Remote security controller 103 receives (at 910) the request from local security controller 101. Remote security controller 103 screens (at 912) the request for different security threats or attacks than those configured in the security rules of local security controller 101. Remote security controller 103 may be configured with a different set of security rules for screening (at 912) the request for the different security threats or attacks.

In some embodiments, remote security controller 103 screens (at 912) the request for stateful attacks. For instance, remote security controller 103 tracks the number of requests that target a specific function, service, or API of the particular application in a given amount of time by each requesting device or by a group of requesting devices. Remote security controller 103 screens (at 912) for a rate limiting attack based on the tracked number of requests in the given amount of time exceeding a rate limiting threshold. Remote security controller 103 may also screen (at 912) for sophisticated and/or distributed rate limiting attacks or botnet attacks that may distribute requests across different devices or nodes executing the particular application. For instance, remote security controller 103 may track the number of times that a specific function of the particular application is called on different devices or nodes running the particular application based on the forwarded requests received from the different local security controllers 101 running on those devices or nodes, and may detect the sophisticated and/or distributed rate limiting attacks or botnet attacks based on the cumulative count exceeding a threshold.

In some embodiments, remote security controller 103 screens (at 912) the request using data from external sources that may not be available to local security controller 101 or that would take too long to retrieve, store, and process by local security controller 101. For instance, local security controller 101 may perform a first level of email validation that includes checking email addresses specified in the request body or request metadata for valid email syntax (e.g., xxxx@yyy.zzz). Remote security controller 103 may perform a second level of email validation that includes verifying the email address. Verifying the email address may include determining if the specified email address has a valid MX record or is associated with a disposable email address.

In some embodiments, remote security controller 103 screens (at 912) the request for a stateful attack that matches an invalid request sequence. In some such embodiments, remote security controller 103 may track expected usage or call sequences for a particular application. For instance, remote security controller 103 may determine that 80% of users use the particular application in a common manner by calling functions, services, or APIs of the particular application in a frequently repeating pattern (e.g., call a first function, then a second function, then execute a first service, and end with a call to a third function). Remote security controller 103 may track requests issued by each client when accessing the particular application and compare the tracked sequence to the expected sequence. An attack may be detected when the tracked sequence deviates significantly from the expected sequence. For instance, an attack may include repeatedly calling the same function with different parameters rather than using the output of the function to invoke a next function or service in the expected usage sequence.

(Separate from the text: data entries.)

impl Running {
    /// Makes a stop that changes no other thread, by its act.
    #[inline(always)]
    pub(crate) fn make(
        &mut self,
        image: &CodeImage,
        slot: u8,
        stop: &StopPlace,
        layouts: &WordLayouts,
        shared: &mut WordData,
        output: &mut Vec<u8>,
    ) -> Result<Outcome, AllocError>
        requires slot { slot < most_slots }
        requires rests { RestsAt image.now.functions.items (length image.now.callees.items) self.old stop.now }
        requires alone { IsAlone stop.now.act }
        ensures fits { FitsImage image.now self.new }
        ensures runs { (all : List (List BareDef)) (versions : List ℕ) → RunsCode all versions image.now self.old
            → RunsCode all versions image.now self.new }
        ensures made { (all : List (List BareDef)) (versions : List ℕ) → RunsCode all versions image.now self.old
            → UsesObjectsWell all versions layouts.now image.now self.old shared.old → IfOk result
            (Stopped (texts_by all versions) (names_in all) image.now slot stop.now self.old self.new shared.old shared.new output.old.items output.new.items) }
        ensures version { shared.new.version ≡ shared.old.version }
        ensures created { (n : ℕ) → shared.old.objects.created ≤ n → shared.new.objects.created ≤ 1 + n }
        ensures depth { self.new.depth ≤ 1 + self.old.depth }
        ensures leaves { self.new.leaves_work ≡ self.old.leaves_work }
        ensures stays { IfOk result (λ outcome. outcome ≡ StaysOutcome
            → (shared.new.objects.created ≡ shared.old.objects.created) × (output.new ≡ output.old) × (self.new.depth ≡ self.old.depth)) }
        ensures long { OnOk result (length output.new.items ≤ length output.old.items + act_prints (table image.now.trees) stop.now.act) }
        ensures capacity { vec_capacity output.old ≤ vec_capacity output.new }
        ensures cause { OnErr result (ActMayFail (table image.now.trees) stop.now.act self.old.depth shared.old output.old) }
    {
        match stop.act {
            Act::Shared(what) => self.perform(image, slot, stop, what, layouts, shared, output),
            Act::Call(n, count) => Ok(self.call(image, stop, n, count)),
            Act::Return => Ok(self.give_back(image, slot, stop)),
            Act::Begin => self.begin(image, stop),
            Act::End => Ok(self.end(image, stop)),
            Act::Pass => Ok(self.pass(image, stop)),
            Act::Spawn(_) | Act::Join => Ok(Outcome::Stays),
        }
    }

    /// Makes a stop on what threads share.
    fn perform(
        &mut self,
        image: &CodeImage,
        slot: u8,
        stop: &StopPlace,
        what: SharedStop,
        layouts: &WordLayouts,
        shared: &mut WordData,
        output: &mut Vec<u8>,
    ) -> Result<Outcome, AllocError>
        requires slot { slot < most_slots }
        requires rests { RestsAt image.now.functions.items (length image.now.callees.items) self.old stop.now }
        requires act { stop.now.act ≡ SharedAct what }
        ensures fits { FitsImage image.now self.new }
        ensures runs { (all : List (List BareDef)) (versions : List ℕ) → RunsCode all versions image.now self.old
            → RunsCode all versions image.now self.new }
        ensures made { (all : List (List BareDef)) (versions : List ℕ) → RunsCode all versions image.now self.old
            → UsesObjectsWell all versions layouts.now image.now self.old shared.old → IfOk result
            (Stopped (texts_by all versions) (names_in all) image.now slot stop.now self.old self.new shared.old shared.new output.old.items output.new.items) }
        ensures version { shared.new.version ≡ shared.old.version }
        ensures created { (n : ℕ) → shared.old.objects.created ≤ n → shared.new.objects.created ≤ 1 + n }
        ensures depth { self.new.depth ≡ self.old.depth }
        ensures leaves { self.new.leaves_work ≡ self.old.leaves_work }
        ensures stays { IfOk result (λ outcome. outcome ≡ StaysOutcome
            → (shared.new.objects.created ≡ shared.old.objects.created) × (output.new ≡ output.old)) }
        ensures long { OnOk result (length output.new.items ≤ length output.old.items + longest_of (table image.now.trees) what) }
        ensures capacity { vec_capacity output.old ≤ vec_capacity output.new }
        ensures cause { OnErr result (MayFail (table image.now.trees) what shared.old output.old) }
    {
        let (low, height) = self.frames.stack();
        freshen_newer(
            shared,
            layouts,
            &what,
            self.frames.words.as_slice(),
            Stack { low, height },
        );
        let did = shared.perform(
            &image.trees,
            slot,
            what,
            &mut self.frames.words,
            Stack { low, height },
            output,
        )?;
        match did {
            Did::On(height) => {
                self.go_on(image, stop.point, stop.after, height);
                Ok(Outcome::Goes)
            }
            Did::Trap(kind) => Ok(Outcome::Ends(Finish::Trapped(kind, slot))),
            Did::Waits(_) => Ok(Outcome::Stays),
        }
    }

    /// Calls a function: the frame waits after the call, and the enter is due.
    #[inline(always)]
    fn call(&mut self, image: &CodeImage, stop: &StopPlace, n: u32, count: usize) -> Outcome
        requires rests { RestsAt image.now.functions.items (length image.now.callees.items) self.old stop.now }
        requires act { stop.now.act ≡ CallAct n count }
        ensures fits { FitsImage image.now self.new }
        ensures runs { (all : List (List BareDef)) (versions : List ℕ) → RunsCode all versions image.now self.old
            → RunsCode all versions image.now self.new }
        ensures made { (all : List (List BareDef)) (versions : List ℕ) → RunsCode all versions image.now self.old → StoppedAlone (texts_by all versions) (names_in all) image.now stop.now self.old self.new result }
        ensures depth { self.new.depth ≡ self.old.depth }
        ensures leaves { self.new.leaves_work ≡ self.old.leaves_work }
    {
        self.version = innermost(&self.frames).version;
        self.frames.wait(count, stop.point, stop.after);
        self.next = Next::Enters(n, count);
        Outcome::Goes
    }

    /// Returns the newest word: to the frame that called, or else the thread ends with it.
    #[inline(always)]
    fn give_back(&mut self, image: &CodeImage, slot: u8, stop: &StopPlace) -> Outcome
        requires rests { RestsAt image.now.functions.items (length image.now.callees.items) self.old stop.now }
        requires act { stop.now.act ≡ ReturnAct }
        ensures fits { FitsImage image.now self.new }
        ensures runs { (all : List (List BareDef)) (versions : List ℕ) → RunsCode all versions image.now self.old
            → RunsCode all versions image.now self.new }
        ensures made { (all : List (List BareDef)) (versions : List ℕ) → RunsCode all versions image.now self.old → (d : Data) (output : List ℕ)
            → Stopped (texts_by all versions) (names_in all) image.now slot stop.now self.old self.new d d output output result }
        ensures depth { self.new.depth ≡ self.old.depth }
        ensures leaves { self.new.leaves_work ≡ self.old.leaves_work }
    {
        if self.frames.depth() > 1 {
            self.hand_down(image, stop)
        } else {
            self.finish(image, slot, stop)
        }
    }

    /// Returns the newest word to the frame that called, which goes on.
    #[inline(always)]
    fn hand_down(&mut self, image: &CodeImage, stop: &StopPlace) -> Outcome
        requires rests { RestsAt image.now.functions.items (length image.now.callees.items) self.old stop.now }
        requires act { stop.now.act ≡ ReturnAct }
        requires called { 1 < depth_of self.old.frames }
        ensures fits { FitsImage image.now self.new }
        ensures runs { (all : List (List BareDef)) (versions : List ℕ) → RunsCode all versions image.now self.old
            → RunsCode all versions image.now self.new }
        ensures made { (all : List (List BareDef)) (versions : List ℕ) → RunsCode all versions image.now self.old → StoppedAlone (texts_by all versions) (names_in all) image.now stop.now self.old self.new result }
        ensures depth { self.new.depth ≡ self.old.depth }
        ensures leaves { self.new.leaves_work ≡ self.old.leaves_work }
    {
        self.frames.leave();
        let caller = innermost(&self.frames);
        self.go_on(image, caller.point, caller.place, caller.height);
        Outcome::Goes
    }

    /// The first call of a thread returns: of slot 0, which is main's, the run ends; else the thread.
    fn finish(&mut self, image: &CodeImage, slot: u8, stop: &StopPlace) -> Outcome
        requires rests { RestsAt image.now.functions.items (length image.now.callees.items) self.old stop.now }
        requires act { stop.now.act ≡ ReturnAct }
        requires first { depth_of self.old.frames ≤ 1 }
        ensures fits { FitsImage image.now self.new }
        ensures runs { (all : List (List BareDef)) (versions : List ℕ) → RunsCode all versions image.now self.old
            → RunsCode all versions image.now self.new }
        ensures made { (all : List (List BareDef)) (versions : List ℕ) → RunsCode all versions image.now self.old → (d : Data) (output : List ℕ)
            → Stopped (texts_by all versions) (names_in all) image.now slot stop.now self.old self.new d d output output result }
        ensures depth { self.new.depth ≡ self.old.depth }
        ensures leaves { self.new.leaves_work ≡ self.old.leaves_work }
    {
        let word = self.frames.newest();
        if slot == 0 {
            return Outcome::Ends(finish_with(word));
        }
        self.stand = Stand::Over(word);
        Outcome::Goes
    }

    /// Begins a transaction. An error where it would be in more than a number can say.
    fn begin(&mut self, image: &CodeImage, stop: &StopPlace) -> Result<Outcome, AllocError>
        requires rests { RestsAt image.now.functions.items (length image.now.callees.items) self.old stop.now }
        requires act { stop.now.act ≡ BeginAct }
        ensures fits { FitsImage image.now self.new }
        ensures runs { (all : List (List BareDef)) (versions : List ℕ) → RunsCode all versions image.now self.old
            → RunsCode all versions image.now self.new }
        ensures made { (all : List (List BareDef)) (versions : List ℕ) → RunsCode all versions image.now self.old → IfOk result (StoppedAlone (texts_by all versions) (names_in all) image.now stop.now self.old self.new) }
        ensures cause { OnErr result (2 ^ 64 ≤ suc self.old.depth) }
        ensures depth { self.new.depth ≤ 1 + self.old.depth }
        ensures leaves { self.new.leaves_work ≡ self.old.leaves_work }
        ensures stays { IfOk result (λ outcome. outcome ≡ StaysOutcome → self.new.depth ≡ self.old.depth) }
    {
        let Some(depth) = self.depth.checked_add(1) else {
            return Err(AllocError);
        };
        self.resume(image, stop);
        self.depth = depth;
        Ok(Outcome::Goes)
    }

    /// Ends the innermost transaction, if it is in one.
    fn end(&mut self, image: &CodeImage, stop: &StopPlace) -> Outcome
        requires rests { RestsAt image.now.functions.items (length image.now.callees.items) self.old stop.now }
        requires act { stop.now.act ≡ EndAct }
        ensures fits { FitsImage image.now self.new }
        ensures runs { (all : List (List BareDef)) (versions : List ℕ) → RunsCode all versions image.now self.old
            → RunsCode all versions image.now self.new }
        ensures made { (all : List (List BareDef)) (versions : List ℕ) → RunsCode all versions image.now self.old → StoppedAlone (texts_by all versions) (names_in all) image.now stop.now self.old self.new result }
        ensures depth { self.new.depth ≤ 1 + self.old.depth }
        ensures leaves { self.new.leaves_work ≡ self.old.leaves_work }
        ensures stays { result ≡ StaysOutcome → self.new.depth ≡ self.old.depth }
    {
        if self.depth == 0 {
            return Outcome::Stays;
        }
        let depth = self.depth - 1;
        self.resume(image, stop);
        self.depth = depth;
        Outcome::Goes
    }

    /// Does nothing, and goes on.
    #[inline(always)]
    fn pass(&mut self, image: &CodeImage, stop: &StopPlace) -> Outcome
        requires rests { RestsAt image.now.functions.items (length image.now.callees.items) self.old stop.now }
        requires act { stop.now.act ≡ PassAct }
        ensures fits { FitsImage image.now self.new }
        ensures runs { (all : List (List BareDef)) (versions : List ℕ) → RunsCode all versions image.now self.old
            → RunsCode all versions image.now self.new }
        ensures made { (all : List (List BareDef)) (versions : List ℕ) → RunsCode all versions image.now self.old → StoppedAlone (texts_by all versions) (names_in all) image.now stop.now self.old self.new result }
        ensures depth { self.new.depth ≡ self.old.depth }
        ensures leaves { self.new.leaves_work ≡ self.old.leaves_work }
    {
        self.resume(image, stop);
        Outcome::Goes
    }

    /// Goes on after a stop that leaves the stack as it is.
    #[inline(always)]
    fn resume(&mut self, image: &CodeImage, stop: &StopPlace)
        requires rests { RestsAt image.now.functions.items (length image.now.callees.items) self.old stop.now }
        requires plain { LeavesStack stop.now.act }
        ensures fits { FitsImage image.now self.new }
        ensures runs { (all : List (List BareDef)) (versions : List ℕ) → RunsCode all versions image.now self.old
            → RunsCode all versions image.now self.new }
        ensures same { SameThread self.old self.new }
        ensures went { (all : List (List BareDef)) (versions : List ℕ) → RunsCode all versions image.now self.old → Resumed (texts_by all versions) image.now self.old self.new stop.now }
    {
        let (_, height) = self.frames.stack();
        self.go_on(image, stop.point, stop.after, height);
    }
}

In some embodiments, remote security controller 103 screens (at 912) the request for a bot attack. Remote security controller 103 may maintain or periodically access a live database of known bots, network addresses associated with bots, VPNs used by bots, bot proxies, Tor nodes associated with bots, and/or other relays of bots rather than have each instance of local security controller 101 retrieve the bot list whenever it is initialized and add delay of file size to the local security checks performed inside the application. Remote security controller 103 may screen (at 912) forwarded requests from different local security controllers 101 against the bot list to determine if the requests are originating from a bot or botnet.

In response to remote security controller 103 detecting (at 914) an attack or a security violation, remote security controller 103 directs (at 916) local security controller 101 that forwarded the suspicious or malicious request to activate the protection that is defined for that attack or security violation. In some embodiments, remote security controller 103 may direct (at 916) two or more local security controllers 101 to activate the same protection at the same time. For instance, remote security controller 103 may track all devices or nodes running an application that is affected by a specific distributed attack, and may direct (at 916) local security controller 101 running within the application of the affected devices or nodes to activate the protection.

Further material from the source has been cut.